As a Flash developer and animator, I can say that after 4 months of playing with “HTML5″, (more specifically Canvas, CSS3, jQuery, and the video tag) I have some thoughts.
On HTML5:
- HTML5 Video is surely the most over-hyped technology of the 21st century. Embedding will require at least 3 different encoded video files. Three. Plus a Flash fallback wrapper. Not good. Plus some dimensions and encoding specs won’t work on some devices and browsers. And iOS renders mp4s with a nasty gamma shift (at last mp4s not made with Final Cut Pro or Sorenson Squeeze). It’s a nightmare – something has to give here.

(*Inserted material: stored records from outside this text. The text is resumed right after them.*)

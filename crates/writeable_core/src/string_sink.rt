ghost use Rattle.std.specs.Prelude.{◌≡◌, ℕ, ◌≤◌, List, [], ◌∷◌, ◌++◌, Bool, true, Some, IfOk};
ghost use Rattle.std.specs.Prelude.{IsErrOf, OnOk, OnErr, string_bytes};
ghost use Rattle.std.specs.Str.{chars};
ghost use Rattle.std.proofs.Common.{rules};
ghost use Rattle.writeable_core.specs.Sink.{TookPrefix, HasCause};
ghost use Rattle.writeable_core.specs.SinkLaws.{append_nothing, append_both, append_held};

use crate::{Sink, SinkError};
use std::alloc::{AllocError, Global};
use std::marker::Model;

/// A sink that holds a text in memory. It never faults.
#[derive(Drop)]
pub struct StringSink {
    text: String,
}

impl Model for StringSink {
    ghost use Rattle.std.specs.Prelude.{ℕ, List, string_bytes};
    ghost use Rattle.std.specs.Str.{chars};

    ghost Value = { List ℕ };

    ghost view = { λ s. chars (string_bytes s.text) };
}

impl StringSink {
    /// A sink that holds the empty text.
    pub fn new(alloc: Global) -> StringSink
        ensures { result ≡ [] }
    {
        StringSink {
            text: String::new(alloc),
        }
    }

    /// A sink that holds the empty text, and has asked for room for so many bytes.
    pub fn with_capacity(alloc: Global, capacity: usize) -> Result<StringSink, AllocError>
        ensures { IfOk result (λ sink. sink ≡ []) }
    {
        Ok(StringSink {
            text: String::with_capacity(alloc, capacity)?,
        })
    }

    /// The text that it holds.
    pub fn as_str(&self) -> &str
        ensures { chars result.now ≡ self.now }
    {
        self.text.as_str()
    }

    /// The text that it holds, without a copy.
    pub fn into_string(self) -> String
        ensures { chars (string_bytes result) ≡ self }
    {
        self.text
    }
}

impl Sink for StringSink {
    ghost took = { λ a t b. b ≡ a ++ t };

    ghost held = { Some };

    ghost faults = { λ _. 0 };

    ghost takes_memory = { λ _. true };

    ghost took_nothing = { append_nothing };

    ghost took_both = { append_both };

    ghost took_held = { append_held };

    ghost took_faults = { Prim.search rules };

    ghost took_memory = { Prim.search rules };

    #[tactic(auto, using(crate::specs::TextLaws::pushed_str))]
    fn push_str(&mut self, piece: &str) -> Result<(), SinkError>
        ensures ok { OnOk result (self.new ≡ self.old ++ chars piece.now) }
        ensures err { OnErr result
            (TookPrefix (λ a t b. b ≡ a ++ t) self.old (chars piece.now) self.new) }
        ensures kept { OnErr result (self.new ≡ self.old) }
        ensures cause { HasCause 0 0 true result }
        ensures never_faults { IsErrOf result SinkError.Fault → ⊥ }
    {
        self.text.push_str(piece).map_err(|_| SinkError::NoMemory)?;
        Ok(())
    }

    #[tactic(auto, using(crate::specs::TextLaws::pushed_char))]
    fn push_char(&mut self, c: char) -> Result<(), SinkError>
        ensures ok { OnOk result (self.new ≡ self.old ++ c ∷ []) }
        ensures err { OnErr result (TookPrefix (λ a t b. b ≡ a ++ t) self.old (c ∷ []) self.new) }
        ensures kept { OnErr result (self.new ≡ self.old) }
        ensures cause { HasCause 0 0 true result }
        ensures never_faults { IsErrOf result SinkError.Fault → ⊥ }
    {
        self.text.push(c).map_err(|_| SinkError::NoMemory)?;
        Ok(())
    }
}
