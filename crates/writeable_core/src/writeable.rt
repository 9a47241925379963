ghost use Rattle.std.specs.Prelude.{◌≡◌, ℕ, List, Bool, true, false, Some, None, IfOk, OnOk, OnErr};
ghost use Rattle.std.specs.Prelude.{MatchOption, ◌⊎◌, ◌↔◌, chars, IfSome};
ghost use Rattle.std.specs.Cow.{cow_str_bytes, IsBorrowedStr};
ghost use Rattle.writeable_core.specs.Hint.{Hinted, byte_length};
ghost use Rattle.writeable_core.specs.Marks.{Mark, Nests, characters};
ghost use Rattle.writeable_core.specs.Sink.{TookPrefix, HasCause};
ghost use Rattle.writeable_core.specs.declared.length_hint.LengthHint.{LengthHint};

use crate::{LengthHint, PartsWrite, Sink, SinkError, StringSink};
use std::alloc::{AllocError, Global};
use std::borrow::CowStr;

/// A value that means one text, and writes it without making it in memory first.
///
/// It also means one marked text, in which parts of the text carry a mark: the same characters,
/// with marks that nest.
pub trait Writeable {
    /// The text.
    ghost text: { Self → List ℕ };

    /// The text with the marks of its parts.
    ghost marked: { Self → List Mark };

    /// The hint on the text's length.
    ghost hint: { Self → LengthHint };

    /// Whether the value holds the text in one piece and lends it.
    ghost lends: { Self → Bool };

    /// Writes the text. The causes of an error are those of the sink.
    fn write_to<S: Sink>(&self, sink: &mut S) -> Result<(), SinkError>
        ensures ok { OnOk result (S.took sink.old (text self.now) sink.new) }
        ensures err { OnErr result (TookPrefix S.took sink.old (text self.now) sink.new) }
        ensures cause { HasCause (S.faults sink.old) (S.faults sink.new)
            (S.takes_memory sink.old) result };

    /// Writes the marked text. The causes of an error are those of the sink.
    fn write_to_parts<P: PartsWrite>(&self, sink: &mut P) -> Result<(), SinkError>
        ensures ok { OnOk result (P.took_marks sink.old (marked self.now) sink.new) }
        ensures err { OnErr result (TookPrefix P.took_marks sink.old (marked self.now) sink.new) }
        ensures cause { HasCause (P.faults sink.old) (P.faults sink.new)
            (P.takes_memory sink.old) result };

    /// Bounds of the text's length in UTF-8.
    fn writeable_length_hint(&self) -> LengthHint
        ensures { result ≡ hint self.now };

    /// The text, where the value holds it in one piece.
    fn writeable_borrow(&self) -> Option<&str>
        ensures lends { MatchOption result (lends self.now ≡ false) (λ _. lends self.now ≡ true) }
        ensures text { IfSome result (λ b. chars b.now ≡ text self.now) };

    /// The text, without a copy where the value lends it or the hint says that it is empty.
    fn write_to_string(&self, alloc: Global) -> Result<CowStr<'_>, AllocError>
        ensures text { IfOk result (λ s. chars (cow_str_bytes s) ≡ text self.now) }
        ensures borrowed { IfOk result
            (λ s. IsBorrowedStr s ↔ ((lends self.now ≡ true) ⊎ ((hint self.now).1 ≡ Some 0))) }
    {
        if let Some(text) = self.writeable_borrow() {
            return Ok(CowStr::Borrowed(text));
        }
        let hint = self.writeable_length_hint();
        if hint.is_zero() {
            return Ok(CowStr::Borrowed(""));
        }
        let mut sink = StringSink::with_capacity(alloc, hint.capacity())?;
        self.write_to(&mut sink).map_err(|_| AllocError)?;
        Ok(CowStr::Owned(sink.into_string()))
    }

    ghost marked_text: { (s : Self) → characters (marked s) ≡ text s };

    ghost marked_nests: { (s : Self) → Nests (marked s) };

    ghost text_hinted: { (s : Self) → Hinted (hint s) (byte_length (text s)) };
}
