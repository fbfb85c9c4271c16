// The reader of plan files: any bytes are read or refused. How a file is laid out is stated once, by the crate below, which takes the
// trailer apart.
#![tactic(auto)]

ghost use Rattle.std.specs.Prelude.{◌≡◌, T, length};
ghost use Rattle.shelf.specs.Network.{within_limits};
ghost use Rattle.shelf.specs.Rows.{row_count};
ghost use Rattle.calls.specs.Refusal.{checked_by, with_verdict};
ghost use Rattle.trailer.specs.File.{all_kinds, settings_distance};
ghost use Rattle.trailer.specs.Trailer.{told_by, LaidOut};
ghost use Rattle.planfile.specs.Checks.{table_checks};
ghost use Rattle.planfile.specs.Reader.{layout_checks, file_answer, Reads};

use calls::Refusal;
use shelf::Network;
use trailer::{Kinds, Layout};

// Reads a file of any kind: the layout that its trailer tells, or the first refusal in the order 14, 1, 3, 15, 5, 6, 7, then for a
// planned file row by row 9 to 13. Nothing is asked of the input.
pub fn read(file: &[u8]) -> Result<Layout, Refusal>
    ensures told { Reads all_kinds file.now (told_by (with_verdict result)) }
    ensures layout { with_verdict result ≡ file_answer all_kinds file.now }
{
    check_file(Kinds::all(), file)
}

// A reader of these kinds: the layout of a file that it takes, or its refusal. No row is touched before the trailer is taken apart, by the form that
// the scope asks for, `let .. else`.
pub fn check_file(kinds: Kinds, file: &[u8]) -> Result<Layout, Refusal>
    ensures { with_verdict result ≡ file_answer kinds file.now }
{
    let answer = trailer::take_trailer(kinds, file);
    let Ok(layout) = answer else {
        return answer;
    };
    check_layout(file, layout)?;
    Ok(layout)
}

// The checks of the rows of a file with this layout.
fn check_layout(file: &[u8], layout: Layout) -> Result<(), Refusal>
    requires { LaidOut (length file.now) layout }
    ensures { checked_by result ≡ layout_checks file.now layout }
{
    let calls = &file[layout.calls_at..layout.settings_at];
    let settings = &file[layout.settings_at..layout.trailer_at];
    check_table(layout.net, layout.kind, calls, settings)
}

// Refusals 5, 6 and 7, and for a planned file 9 to 13 row by row, for sizes and lengths that were tested. The network is a plain one, and the
// kind a number, as this function has promised its answer for any.
pub fn check_table(net: Network, kind: usize, calls: &[u8], settings: &[u8]) -> Result<(), Refusal>
    requires { T (within_limits net) × (length settings.now ≡ settings_distance kind (row_count calls.now)) }
    ensures { checked_by result ≡ table_checks net kind calls.now settings.now }
{
    if trailer::has_settings(kind) {
        acceptance::check_rows(net, calls, settings)
    } else {
        calls::check_calls(net, calls)
    }
}
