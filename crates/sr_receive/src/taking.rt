//! The transactions of a window taken, each as one entry.

ghost use Rattle.std.specs.Prelude.{◌≡◌, ◌+◌, ◌-◌, ◌^◌, ◌≤◌, ◌∷◌, [], List, length, min, vec_capacity, vec_len, IfErr, IfOk};
ghost use Rattle.std.specs.List.{AllByRecursion};
ghost use Rattle.sr_logform.specs.Inner.Ops.{IsShortTransaction};
ghost use Rattle.sr_logform.specs.declared.op.Transaction.{Transaction as ATransaction};
ghost use Rattle.sr_mail.specs.Inboxes.{Gathered};
ghost use Rattle.sr_receive.specs.Inner.Reports.{entry_reports};
ghost use Rattle.sr_receive.specs.Inner.Running.{IsItsEntry, IsReadyPass, KeepsLoans, Runs};
ghost use Rattle.sr_receive.specs.Inner.Stands.{with_reports};
ghost use Rattle.sr_receive_gather.specs.Windows.{past};
ghost use Rattle.sr_receive_gather.specs.declared.fault.ReceiveFault.TheVariants.{Memory as memory};

use crate::noting::enter;
use crate::pass::{Pass, Progress};
use crate::reporting::{insert_all, reports_of};
use sr_base::{Name, Offset};
use sr_logform::{Entry, Transaction};
use sr_receive_gather::{ReceiveFault, Report};
use sr_receive_judged::entry_of;
use sr_site::Site;
use std::alloc::Global;

impl<'d, 's, 'p, 'r, S: Site> Pass<'d, 's, 'p, 'r, S> {
    /// Takes those of a window's transactions that lie past what was received.
    pub(crate) fn take_all(&mut self, transactions: &[Transaction]) -> Result<(), ReceiveFault>
        requires ready { IsReadyPass S.seen self.old }
        requires short { AllByRecursion IsShortTransaction transactions.now }
        ensures loans { KeepsLoans self.old self.new }
        ensures ran { (inbox : List Gathered) → Runs S.seen self.old inbox (past self.old.progress.received.0 transactions.now) self.new inbox [] result }
    {
        let received = self.progress.received.0;
        let mut left = transactions;
        'transactions: while let Some((transaction, rest)) = left.split_first() {
            match self.take_past(received, transaction) {
                Ok(()) => {}
                Err(fault) => return Err(fault),
            }
            left = rest;
        }
        Ok(())
    }

    /// Takes a transaction, where it lies past an offset.
    fn take_past(&mut self, received: u64, transaction: &Transaction) -> Result<(), ReceiveFault>
        requires ready { IsReadyPass S.seen self.old }
        requires short { IsShortTransaction transaction.now }
        ensures loans { KeepsLoans self.old self.new }
        ensures ran { (inbox : List Gathered) (rest : List ATransaction) → Runs S.seen self.old inbox (past received (transaction.now ∷ rest)) self.new inbox (past received rest) result }
    {
        if received < transaction.at.0 {
            return self.take_one(transaction);
        }
        Ok(())
    }

    /// Takes a transaction: it is judged, and its entry committed.
    fn take_one(&mut self, transaction: &Transaction) -> Result<(), ReceiveFault>
        requires ready { IsReadyPass S.seen self.old }
        requires short { IsShortTransaction transaction.now }
        ensures loans { KeepsLoans self.old self.new }
        ensures ran { (inbox : List Gathered) (rest : List ATransaction) → Runs S.seen self.old inbox (transaction.now ∷ rest) self.new inbox rest result }
    {
        match entry_of(self.place.alloc, self.place.db, self.user, transaction) {
            Err(_) => Err(ReceiveFault::Memory),
            Ok(entry) => {
                let outcome = self.take_entry(transaction, &entry);
                drop(entry);
                outcome
            }
        }
    }

    /// Takes a transaction that was judged. The memory for what is to be reported of it, and for its places among the reports, is taken before the commit: so
    /// what is committed is reported.
    fn take_entry(&mut self, transaction: &Transaction, entry: &Entry) -> Result<(), ReceiveFault>
        requires ready { IsReadyPass S.seen self.old }
        requires entry { IsItsEntry self.old.place.db.now self.old.user.now transaction.now entry.now }
        ensures loans { KeepsLoans self.old self.new }
        ensures ran { (inbox : List Gathered) (rest : List ATransaction) → Runs S.seen self.old inbox (transaction.now ∷ rest) self.new inbox rest result }
    {
        match reports_with_room(self.place.alloc, self.user, self.reports, entry) {
            Err(_) => Err(ReceiveFault::Memory),
            Ok(made) => self.take_with_room(transaction, entry, made),
        }
    }

    /// Takes a transaction of which this is to be reported, for which there is room. That follows its commit, and takes no memory then.
    fn take_with_room(
        &mut self,
        transaction: &Transaction,
        entry: &Entry,
        made: Vec<Report>,
    ) -> Result<(), ReceiveFault>
        requires ready { IsReadyPass S.seen self.old }
        requires entry { IsItsEntry self.old.place.db.now self.old.user.now transaction.now entry.now }
        requires made { made.items ≡ entry_reports self.old.user.now entry.now }
        requires room { vec_len self.old.reports.now + length made.items ≤ vec_capacity self.old.reports.now }
        ensures loans { KeepsLoans self.old self.new }
        ensures ran { (inbox : List Gathered) (rest : List ATransaction) → Runs S.seen self.old inbox (transaction.now ∷ rest) self.new inbox rest result }
    {
        match enter(&mut self.place, entry) {
            Ok(()) => {
                tell(&mut self.progress, self.reports, transaction.at, made);
                Ok(())
            }
            Err(fault) => {
                drop(made);
                Err(fault)
            }
        }
    }
}

/// A transaction was taken that ends at an offset: what is to be reported of it, for which there is room, follows the reports of ops.
fn tell(progress: &mut Progress, reports: &mut Vec<Report>, at: Offset, made: Vec<Report>)
    requires told { progress.old.told ≤ length reports.old.items }
    requires room { vec_len reports.old + length made.items ≤ vec_capacity reports.old }
    ensures received { progress.new.received ≡ at }
    ensures took { progress.new.took ≡ min (progress.old.took + 1) (2 ^ 64 - 1) }
    ensures told { progress.new.told ≡ progress.old.told + length made.items }
    ensures reports { reports.new.items ≡ with_reports progress.old.told made.items reports.old.items }
{
    let told = insert_all(reports, progress.told, made);
    *progress = Progress {
        received: at,
        took: one_more(progress.took),
        told,
    };
}

/// One more than a count, as far as a count goes.
fn one_more(count: u64) -> u64
    ensures more { result ≡ min (count + 1) (2 ^ 64 - 1) }
{
    if count == u64::MAX { count } else { count + 1 }
}

/// What is to be reported of an entry, with room for it among the reports.
fn reports_with_room(
    alloc: Global,
    user: &Name,
    reports: &mut Vec<Report>,
    entry: &Entry,
) -> Result<Vec<Report>, ReceiveFault>
    ensures reports { IfOk result (λ made. made.items ≡ entry_reports user.now entry.now) }
    ensures kept { reports.new.items ≡ reports.old.items }
    ensures room { IfOk result (λ made. vec_len reports.new + length made.items ≤ vec_capacity reports.new) }
    ensures memory { IfErr result (λ fault. fault ≡ memory) }
{
    match reports_in(alloc, user, entry) {
        Ok(made) => with_room(reports, made),
        Err(_) => Err(ReceiveFault::Memory),
    }
}

/// Reports, where there is room for them among the others.
fn with_room(reports: &mut Vec<Report>, made: Vec<Report>) -> Result<Vec<Report>, ReceiveFault>
    ensures made { IfOk result (λ kept. kept.items ≡ made.items) }
    ensures kept { reports.new.items ≡ reports.old.items }
    ensures room { IfOk result (λ kept. vec_len reports.new + length kept.items ≤ vec_capacity reports.new) }
    ensures memory { IfErr result (λ fault. fault ≡ memory) }
{
    match reports.reserve(made.as_slice().len()) {
        Ok(()) => Ok(made),
        Err(_) => {
            drop(made);
            Err(ReceiveFault::Memory)
        }
    }
}

/// What is to be reported of an entry.
fn reports_in(alloc: Global, user: &Name, entry: &Entry) -> Result<Vec<Report>, ReceiveFault>
    ensures reports { IfOk result (λ made. made.items ≡ entry_reports user.now entry.now) }
    ensures memory { IfErr result (λ fault. fault ≡ memory) }
{
    match entry {
        Entry::From { at, ops, .. } => match reports_of(alloc, user, *at, ops.as_slice()) {
            Ok(made) => Ok(made),
            Err(_) => Err(ReceiveFault::Memory),
        },
        Entry::Own(_)
        | Entry::Ddl(_)
        | Entry::Sync { .. }
        | Entry::Pass { .. }
        | Entry::Note { .. } => Ok(Vec::new(alloc)),
    }
}
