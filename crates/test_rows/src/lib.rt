//! Rows of questions with their answers, on standard input: what the programs share that go through such rows. For tests.
//!
//! A row is a line `QUESTION => ANSWER`; any other line is a heading. `run` asks an `Answerer` each question, says each row to which another answer is
//! given, and then how many are answered as they stand.
#![tactic(auto)]

mod naming;
mod saying;
mod telling;

pub use naming::named;
pub use saying::{count_of, number, number_of, push_hex, say, say_bytes, say_number, word};
pub use telling::{Answerer, print, run};
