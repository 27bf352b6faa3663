//! The rows, one after the other.

use crate::saying::{say, say_bytes, say_number};
use std::alloc::{AllocError, Global};
use std::io::Read;

/// The status of a run that found no memory, or could not read or write.
const FAILED: u8 = 8;

/// What answers questions.
pub trait Answerer {
    /// Appends the answer to a question.
    fn answer(
        &mut self,
        alloc: Global,
        question: &str,
        out: &mut Vec<u8>,
    ) -> Result<(), AllocError>;
}

/// Goes through the rows on standard input; answers the status.
pub fn run<A: Answerer>(rt: HostRuntime, answerer: &mut A) -> u8 {
    let mut text = String::new(rt.alloc());
    let status = match rt.reader().read_to_string(&mut text) {
        Ok(_) => told(rt, answerer, text.as_str()),
        Err(_) => FAILED,
    };
    drop(text);
    status
}

fn told<A: Answerer>(rt: HostRuntime, answerer: &mut A, text: &str) -> u8 {
    let mut lines = Vec::new(rt.alloc());
    let status = match tell(rt.alloc(), answerer, text, &mut lines) {
        Ok(()) => print(rt, lines.as_slice()),
        Err(_) => FAILED,
    };
    drop(lines);
    status
}

/// Writes lines to standard output; answers the status.
pub fn print(rt: HostRuntime, lines: &[u8]) -> u8 {
    let Ok(lines) = str::from_utf8(lines) else {
        return FAILED;
    };
    match print!(rt; "{lines}") {
        Ok(_) => 0,
        Err(_) => FAILED,
    }
}

/// Says each row that is answered otherwise, and the number of the others.
fn tell<A: Answerer>(
    alloc: Global,
    answerer: &mut A,
    text: &str,
    out: &mut Vec<u8>,
) -> Result<(), AllocError> {
    let mut found = Vec::new(alloc);
    let right = tell_all(alloc, answerer, text, &mut found, out);
    drop(found);
    say_number(out, "", right?)?;
    say(out, " rows as they stand\n")
}

fn tell_all<A: Answerer>(
    alloc: Global,
    answerer: &mut A,
    text: &str,
    found: &mut Vec<u8>,
    out: &mut Vec<u8>,
) -> Result<u64, AllocError> {
    let mut right = 0u64;
    for line in text.lines() {
        if let Some((question, answer)) = line.split_once(" => ") {
            found.clear();
            answerer.answer(alloc, question, found)?;
            if found.as_slice() == answer.as_bytes() {
                right = right.saturating_add(1);
            } else {
                say_bytes(out, line, b" BUT ")?;
                say_bytes(out, "", found.as_slice())?;
                say(out, "\n")?;
            }
        }
    }
    Ok(right)
}
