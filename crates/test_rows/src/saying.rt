//! What is appended to an answer, and what stands in a question.

use itoa::Buffer;
use std::alloc::AllocError;

/// Appends a text.
pub fn say(out: &mut Vec<u8>, text: &str) -> Result<(), AllocError> {
    out.extend_from_slice(text.as_bytes())
}

/// Appends a text and a number.
pub fn say_number(out: &mut Vec<u8>, text: &str, number: u64) -> Result<(), AllocError> {
    say(out, text)?;
    let mut buffer = Buffer::new();
    say(out, buffer.format(number))
}

/// Appends a text and bytes.
pub fn say_bytes(out: &mut Vec<u8>, text: &str, bytes: &[u8]) -> Result<(), AllocError> {
    say(out, text)?;
    out.extend_from_slice(bytes)
}

/// Appends the bytes of pairs of hexadecimal digits; anything else between them is passed over.
pub fn push_hex(bytes: &mut Vec<u8>, hex: &str) -> Result<(), AllocError> {
    let mut high = None;
    for letter in hex.as_bytes() {
        match (high, digit(*letter)) {
            (_, None) => {}
            (None, Some(digit)) => high = Some(digit),
            (Some(first), Some(digit)) => {
                bytes.push(first.wrapping_mul(16).wrapping_add(digit))?;
                high = None;
            }
        }
    }
    Ok(())
}

fn digit(letter: u8) -> Option<u8> {
    match letter {
        b'0'..=b'9' => Some(letter - b'0'),
        b'a'..=b'f' => Some(letter - b'a' + 10),
        _ => None,
    }
}

/// The number of decimal digits; anything else is 0.
pub fn number_of(text: &str) -> u64 {
    match text.parse::<u64>() {
        Ok(number) => number,
        Err(_) => 0,
    }
}

/// The number of decimal digits, at most 100,000,000; anything else is 0.
pub fn count_of(text: &str) -> u32 {
    match text.parse::<u32>() {
        Ok(count) => count.min(100_000_000),
        Err(_) => 0,
    }
}

/// The word at a place, between blanks; none is empty.
pub fn word(question: &str, place: usize) -> &str {
    match question.split(' ').nth(place) {
        Some(word) => word,
        None => "",
    }
}

/// The number at a place; 0 where none stands.
pub fn number(question: &str, place: usize) -> u64 {
    number_of(word(question, place))
}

- Touch events beyond simple clicking (muti-touch, gesture) are NOT handled well at all by HTML5, despite what the dead guy in the turtleneck said. You need three different codes to prevent default zooming, and even then the animation freezes on dragging, etc.
- I’ve yet to see any HTML5 animation/ interaction that looks great on mobile. Desktop/ laptop, yes. Desktop WebGL, hell yes. (Check out http://www.chromeexperiments.com/) Mobile, no. Performance of HTML5 on mobile does not (will never?) match that of a native app. Hardware acceleration, anyone?
- I much prefer the syntax of JavaScript to AS3 – it’s essentially the same as AS2.
- Style sheets, in general, stink. They often require lots of forensic digging to find out why a div doesn’t look like it should. Chrome’s “Inspect element” helps.
- Doing things immediately inside the browser with no compiling or publishing is kind of exciting (though you could consider jQuery a plugin).
- SVGs (scalable vector graphics) are invisible to many browsers, mobile and otherwise. Remember that if you try out Adobe Wallaby.
- Debugging multiple browsers is a HUGE obstacle, to coin a phrase. jQuery helps a bit.
On Flash:
- On newer Android devices, most Flash content looks great and performs beautifully. If Adobe had continued to work with Google, it could have been a major selling point for their devices. In fact, Adobe should sell the platform to them – though it may be too late now.
- Most large business clients use plain old IE. They can’t see much HTML5 for the most part. They can all see Flash.
- The “motion editor” introduced in CS4, to me, was a flop – very non intuitive, even more so than After Effects – too much of a learning curve. As was the endlessly, needlessly configurable interface. Adobe Edge looks a bit better.
- Flash got a bad rap as adware. It was too easy to make ugly moving banners – so people blamed Flash.
- I don’t think I can convey the essential power of this strongly enough: Flash content looks the same everywhere. Building something once meant that it was built, period.